*What to work on*:
The records that follow are to be transcribed word for word.

[Collected data]
------------

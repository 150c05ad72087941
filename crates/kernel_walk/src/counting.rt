//! The turns of a kernel's run.
ghost use Rattle.std.specs.Prelude.{◌≡◌};
ghost use Rattle.kernel_ast.specs.Walk as spec;

use kernel_ast::{Fault, MAX_TURNS, RunRule};

/// The turns after so many more, for the statement or the loop at `at`.
///
/// # Errors
///
/// Fault 12 at `at`, exactly where these are above 65,536.
pub fn count(at: u32, more: u32, turns: u32) -> Result<u32, Fault>
    ensures { result ≡ spec.count at more turns }
{
    let counted = turns.saturating_add(more);
    if counted > MAX_TURNS {
        return Err(RunRule::TooManyTurns.at(at));
    }
    Ok(counted)
}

------------

*Problem solution*:
repository 150c05ad72087941
filename crates/kernel_walk/src/counting.rt
//! The turns of a kernel's run.
ghost use Rattle.std.specs.Prelude.{◌≡◌};
ghost use Rattle.kernel_ast.specs.Walk as spec;

use kernel_ast::{Fault, MAX_TURNS, RunRule};

/// The turns after so many more, for the statement or the loop at `at`.
///
/// # Errors
///
/// Fault 12 at `at`, exactly where these are above 65,536.
pub fn count(at: u32, more: u32, turns: u32) -> Result<u32, Fault>
    ensures { result ≡ spec.count at more turns }
{
    let counted = turns.saturating_add(more);
    if counted > MAX_TURNS {
        return Err(RunRule::TooManyTurns.at(at));
    }
    Ok(counted)
}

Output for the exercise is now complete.